START Dataset records
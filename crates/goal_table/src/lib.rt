//! The goals of a program, one after another, through the solver.
//!
//! [`prove_all`] gives an elaborated program the lines that prove its goals, or the first goal that the elimination does not prove, with its
//! number, its place, its row and the answer. [`answer`] tells what the elimination answers to one goal. Both say exactly what the definition of
//! the elimination says of each goal. The crate stands on `linear_solver` for answers and lines, and on `typed_core` for goals.
#![tactic(auto)]

mod error;
mod table;

pub use crate::error::GoalError;
pub use crate::table::{answer, prove_all};
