/// Where two rules are broken: the first of them in their order, range by range. Both fields of a range are looked at before
/// their lengths.
#[tactic(auto, unfolding(crate::specs::Index::index_bytes, crate::specs::Index::range_bytes, crate::specs::Index::ranges_bytes, crate::specs::Index::index_head_bytes, crate::specs::Index::index_row_bytes, crate::specs::IndexReading::head_width_in, crate::specs::IndexReading::least_in, crate::specs::IndexReading::index_head_fault, crate::specs::IndexReading::row_width_in, crate::specs::IndexReading::last_in, crate::specs::IndexReading::row_in, crate::specs::IndexReading::row_fault, crate::specs::IndexReading::rows_fault, crate::specs::IndexReading::rows_in, crate::specs::IndexReading::rows_width_in, crate::specs::IndexReading::rows_end_in, crate::specs::IndexReading::bound_in, crate::specs::IndexReading::range_width_in, crate::specs::IndexReading::range_in, crate::specs::IndexReading::range_fault, crate::specs::IndexReading::ranges_fault, crate::specs::IndexReading::ranges_in, crate::specs::IndexReading::all_ranges_fault, crate::specs::IndexReading::all_ranges_in, crate::specs::IndexReading::index_in, crate::specs::IndexReading::pages_fault, crate::specs::IndexReading::index_fault, crate::specs::Examples::one_range, crate::specs::Examples::two_ranges))]
pub fn twice_broken_ranges()
    ensures row_then_number { index_fault 1 (set (set one_range 11 0) 26 0) ≡ Some (fault 11 6) }
    ensures number_then_pages { index_fault 2 (set one_range 26 0) ≡ Some (fault 26 9) }
    ensures lower_then_upper { index_fault 1 (take 30 one_range ++ 0 ∷ 0 ∷ 0 ∷ 0 ∷ []) ≡ Some (fault 30 10) }
    ensures length_then_order { index_fault 1 (set (set one_range 33 0) 32 0x64) ≡ Some (fault 33 10) }
    ensures order_then_bytes_left { index_fault 1 (set one_range 32 0x64 ++ 0 ∷ []) ≡ Some (fault 32 10) }
    ensures bytes_left_then_pages { index_fault 2 (one_range ++ 0 ∷ []) ≡ Some (fault 36 7) }
    ensures the_first_range { index_fault 1 (set (set two_ranges 35 0x61) 38 0x62) ≡ Some (fault 32 10) }
{}
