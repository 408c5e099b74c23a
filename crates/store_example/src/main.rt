//! A store on a file: made, written, read, opened again, and filled until a put is refused.
//!
//! The file `device` in the folder that it runs in becomes a store of 512 pages, 2 MiB. A program of your own takes the
//! path from its arguments, and does not format a store that is there already.
#![tactic(auto)]

use anyhow::{Result, bail};
use filter_api::Settings;
use real_outside::FileOutside;
use std::alloc::Global;
use store_core::{Store, StoreError};
use surf_filter::SurfFilter;

// A store with succinct filters.
type FileStore = Store<SurfFilter<Global>>;

// Keys that are drawn evenly: eight real bits a leaf keep out most ranges with no key.
const SETTINGS: Settings = Settings {
    hash_bits: 0,
    real_bits: 8,
    ratio: 64,
};

const PAGES: u64 = 512;

// The longest value that is logged; a longer one, of up to 1,048,576 bytes, becomes a table at once.
const VALUE_BYTES: usize = 65_536;

fn main(rt: HostRuntime) -> Result<()> {
    let alloc = rt.alloc();
    let mut disk = FileOutside::at(rt, String::from_str(alloc, "device")?);
    match FileStore::format(alloc, &mut disk, SETTINGS, PAGES) {
        Ok(()) => println!(rt; "made")?,
        Err(StoreError::AlreadyAStore) => println!(rt; "there already")?,
        Err(_) => bail!("no store can be made"),
    }
    write(alloc, &mut disk)?;
    read(&rt, alloc, &mut disk)?;
    fill(&rt, alloc, &mut disk)
}

// Opens the store. A store in a box is cheap to hold: the check does not go into its parts.
fn open(alloc: Global, disk: &mut FileOutside) -> Result<Box<FileStore>> {
    match FileStore::open_store(alloc, disk) {
        Ok(store) => Ok(Box::new(alloc, store)?),
        Err(_) => bail!("the store cannot be opened"),
    }
}

// Puts three pairs and deletes one. What was acknowledged is there after a crash, though nothing is closed here.
fn write(alloc: Global, disk: &mut FileOutside) -> Result<()> {
    let mut store = open(alloc, disk)?;
    for (key, value) in [(b"fig", b"7"), (b"nut", b"9"), (b"pea", b"3")] {
        if store.put(disk, key, value).is_err() {
            bail!("a put failed");
        }
    }
    match store.delete(disk, b"nut") {
        Ok(()) => Ok(()),
        Err(_) => bail!("a delete failed"),
    }
}

// Opens the store again, gets a pair, and goes over all pairs from a bound to another, both included.
fn read(rt: &impl Print, alloc: Global, disk: &mut FileOutside) -> Result<()> {
    let mut store = open(alloc, disk)?;
    match store.get(disk, b"fig") {
        Ok(Some(value)) => println!(rt; "fig has {} byte", value.len())?,
        Ok(None) => println!(rt; "fig is not there")?,
        Err(_) => bail!("a get failed"),
    }
    print_keys(rt, disk, &store)
}

// Prints the keys from a to z, ten at most.
fn print_keys(rt: &impl Print, disk: &mut FileOutside, store: &FileStore) -> Result<()> {
    let Ok(scan) = store.range(b"a", b"z", 10) else {
        bail!("a range was refused");
    };
    let mut scan = scan;
    for _ in 0..10u32 {
        match scan.step(disk) {
            Ok(Some((key, _))) => println!(rt; "{}", str::from_utf8(key).unwrap_or("?"))?,
            Ok(None) => {}
            Err(_) => bail!("a step failed"),
        }
    }
    Ok(())
}

// Puts long values until there is no room. A full device refuses the put, and keeps all that it has.
fn fill(rt: &impl Print, alloc: Global, disk: &mut FileOutside) -> Result<()> {
    let mut store = open(alloc, disk)?;
    let value = vec![in alloc; 7; VALUE_BYTES]?;
    for key in 1..100u8 {
        match store.put(disk, &[key], &value) {
            Ok(()) => {}
            Err(StoreError::Full { need, gap }) => {
                println!(rt; "put {key}: full, {need} pages needed and {gap} in one gap")?;
                return Ok(());
            }
            Err(_) => bail!("a put failed"),
        }
    }
    bail!("the device has room for all")
}
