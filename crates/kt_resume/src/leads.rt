//! Whether the acts of a node, made again, lead to what is stored of it.
//! Cited by judging.rt.

ghost use Rattle.std.specs.Prelude.{◌≡◌, ◌↔◌, ◌<◌, ◌≤◌, All, IfOk, IsTrue, length};
ghost use Rattle.kt_tuple.specs.declared.node.NodeId.TheVariants as ids;
ghost use Rattle.kt_tuple.specs.declared.node.TheConstants.{MAX_WORKERS};
ghost use Rattle.kt_history.specs.declared.note.Act.{Act};
ghost use Rattle.kt_history.specs.Closed.{acts_in_log};
ghost use Rattle.kt_ckpt.specs.declared.state.State.TheVariants as saved;
ghost use Rattle.kt_shard.specs.Limits.{sessions};
ghost use Rattle.kt_scenario.specs.Scene.{SceneModel, is_node, is_worker};
ghost use Rattle.kt_resume.specs.Found.{scene_of};
ghost use Rattle.kt_resume.specs.auxiliary.Leading.{LeadsTo};

use crate::scene::script_of;
use crate::shard::remake_shard;
use crate::suits::{suits_shard, suits_worker};
use crate::worker::remake_worker;
use kt_ckpt::{ShardState, State, WorkerState};
use kt_history::History;
use kt_script::Script;
use kt_tuple::NodeId;
use std::alloc::{AllocError, Global};

/// Whether the node may make the acts of its log, one after the other from its first state, and they lead to this
/// stored state of it.
pub(crate) fn leads_to(
    alloc: Global,
    shards: u8,
    scripts: &[Script],
    history: &History,
    node: NodeId,
    stored: &State,
) -> Result<bool, AllocError>
    requires few { length scripts.now ≤ MAX_WORKERS }
    requires there { IsTrue (is_node (scene_of shards scripts.now) node) }
    // Each act is about a worker that there may be, as those of a checkpoint are.
    ensures { IfOk result (λ leads. All (λ (a : Act). a.worker < sessions) (acts_in_log history.now.notes node)
        → (IsTrue leads ↔ LeadsTo (scene_of shards scripts.now) node (acts_in_log history.now.notes node) stored.now)) }
{
    match (node, stored) {
        (NodeId::Worker(name), State::Worker(stored)) => {
            worker_leads_to(alloc, scripts, history, name, stored)
        }
        (NodeId::Shard(name), State::Shard(stored)) => {
            shard_leads_to(alloc, shards, scripts.len() as u8, history, name, stored)
        }
        (NodeId::Worker(_), State::Shard(_)) | (NodeId::Shard(_), State::Worker(_)) => Ok(false),
    }
}

/// Whether the worker of this number may make the acts of its log, and they lead to this stored state of it.
fn worker_leads_to(
    alloc: Global,
    scripts: &[Script],
    history: &History,
    name: u8,
    stored: &WorkerState,
) -> Result<bool, AllocError>
    ensures { IfOk result (λ leads. (scene : SceneModel) → scene.scripts ≡ scripts.now
        → IsTrue (is_worker scene (ids.Worker name))
        → (IsTrue leads ↔ LeadsTo scene (ids.Worker name) (acts_in_log history.now.notes (ids.Worker name))
        (saved.Worker stored.now))) }
{
    let Some(script) = script_of(scripts, NodeId::Worker(name)) else {
        return Ok(false);
    };
    match remake_worker(alloc, script, name, history)? {
        Some(worker) => Ok(suits_worker(stored, &worker)),
        None => Ok(false),
    }
}

/// Whether the shard of this number may make the acts of its log, and they lead to this stored state of it.
fn shard_leads_to(
    alloc: Global,
    shards: u8,
    workers: u8,
    history: &History,
    name: u8,
    stored: &ShardState,
) -> Result<bool, AllocError>
    requires { 1 ≤ shards }
    ensures { IfOk result (λ leads. (scene : SceneModel) → scene.shards ≡ shards → length scene.scripts ≡ workers
        → All (λ (a : Act). a.worker < sessions) (acts_in_log history.now.notes (ids.Shard name))
        → (IsTrue leads ↔ LeadsTo scene (ids.Shard name) (acts_in_log history.now.notes (ids.Shard name))
        (saved.Shard stored.now))) }
{
    match remake_shard(alloc, shards, name, history)? {
        Some(remade) => suits_shard(alloc, workers, stored, remade),
        None => Ok(false),
    }
}
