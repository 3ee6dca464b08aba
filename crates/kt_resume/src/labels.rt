//! Whether the labels that checkpoints have of their nodes' messages fit together.
//! Cited by judging.rt.

ghost use Rattle.std.specs.Prelude.{◌≡◌, ◌↔◌, IsTrue, not, ◌||◌};
ghost use Rattle.std.specs.List.{list_all};
ghost use Rattle.kt_state.specs.Labels.{listed_at, up_to};
ghost use Rattle.kt_state.specs.Node.{node_number};
ghost use Rattle.kt_scenario.specs.Scene.{SceneModel, is_node};
ghost use Rattle.kt_model.specs.Resumed.{heard_from, nodes_of, sent_to};
ghost use Rattle.kt_resume.specs.Found.{content_of};
ghost use Rattle.kt_resume.specs.auxiliary.Labels.{LabelsFit, are_across, link_fits};

use crate::found::{Found, checkpoint_of, incarnation_of};
use kt_link::Label;
use kt_tuple::NodeId;

/// Whether the labels of the node, which is one of these nodes of the scene, fit: of each neighbour it has heard no
/// more than that one has sent to it, and it has sent nothing in an incarnation above its own.
pub(crate) fn labels_fit(nodes: &[NodeId], found: &[Found], node: NodeId) -> bool
    ensures { (scene : SceneModel) → nodes.now ≡ nodes_of scene → IsTrue (is_node scene node)
        → (IsTrue result ↔ LabelsFit scene (content_of found.now) node) }
{
    all_fit(nodes, found, node)
}

/// Whether that is so of those of these nodes that are of the other kind.
fn all_fit(nodes: &[NodeId], found: &[Found], node: NodeId) -> bool
    ensures { result ≡ list_all (λ q. not (are_across node q) || link_fits (content_of found.now) node q) nodes.now }
{
    nodes.iter().all(|other| !are_across(node, *other) || link_fits(found, node, *other))
}

/// Whether one is a worker and the other a shard.
fn are_across(node: NodeId, other: NodeId) -> bool
    ensures { result ≡ are_across node other }
{
    match (node, other) {
        (NodeId::Worker(_), NodeId::Shard(_)) | (NodeId::Shard(_), NodeId::Worker(_)) => true,
        (NodeId::Worker(_), NodeId::Worker(_)) | (NodeId::Shard(_), NodeId::Shard(_)) => false,
    }
}

fn link_fits(found: &[Found], node: NodeId, other: NodeId) -> bool
    ensures { result ≡ link_fits (content_of found.now) node other }
{
    up_to(heard_from(found, node, other), sent_to(found, other, node))
        && sent_to(found, node, other).incarnation <= incarnation_of(found, node)
}

/// The label of the last message that the node has sent to the other.
fn sent_to(found: &[Found], node: NodeId, other: NodeId) -> Label
    ensures { result ≡ sent_to (content_of found.now) node other }
{
    match checkpoint_of(found, node) {
        Some(checkpoint) => listed_at(checkpoint.sent(), other.number()),
        None => Label::default(),
    }
}

/// The label of the last message that the node has heard from the other.
fn heard_from(found: &[Found], node: NodeId, other: NodeId) -> Label
    ensures { result ≡ heard_from (content_of found.now) node other }
{
    match checkpoint_of(found, node) {
        Some(checkpoint) => listed_at(checkpoint.received(), other.number()),
        None => Label::default(),
    }
}

/// The label of the neighbour of this number in a checkpoint's list, which has the neighbours from 1 on.
fn listed_at(labels: &[Label], number: u8) -> Label
    ensures { result ≡ listed_at labels.now number }
{
    if number == 0 {
        return Label::default();
    }
    match labels.get(usize::from(number) - 1) {
        Some(label) => *label,
        None => Label::default(),
    }
}

/// Whether the label is the other or below it.
fn up_to(label: Label, other: Label) -> bool
    ensures { result ≡ up_to label other }
{
    label.incarnation < other.incarnation
        || (label.incarnation == other.incarnation && label.count <= other.count)
}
END Dataset records
• [Task instructions]: Copy the lines above exactly. Start with the line containing "use crate::shard::remake_shard;", end with the line containing "(NodeId::Worker(name), State::Worker(stored)) =>", and include both.

• [Task response]:
use crate::shard::remake_shard;
use crate::suits::{suits_shard, suits_worker};
use crate::worker::remake_worker;
use kt_ckpt::{ShardState, State, WorkerState};
use kt_history::History;
use kt_script::Script;
use kt_tuple::NodeId;
use std::alloc::{AllocError, Global};

/// Whether the node may make the acts of its log, one after the other from its first state, and they lead to this
/// stored state of it.
pub(crate) fn leads_to(
    alloc: Global,
    shards: u8,
    scripts: &[Script],
    history: &History,
    node: NodeId,
    stored: &State,
) -> Result<bool, AllocError>
    requires few { length scripts.now ≤ MAX_WORKERS }
    requires there { IsTrue (is_node (scene_of shards scripts.now) node) }
    // Each act is about a worker that there may be, as those of a checkpoint are.
    ensures { IfOk result (λ leads. All (λ (a : Act). a.worker < sessions) (acts_in_log history.now.notes node)
        → (IsTrue leads ↔ LeadsTo (scene_of shards scripts.now) node (acts_in_log history.now.notes node) stored.now)) }
{
    match (node, stored) {
        (NodeId::Worker(name), State::Worker(stored)) => {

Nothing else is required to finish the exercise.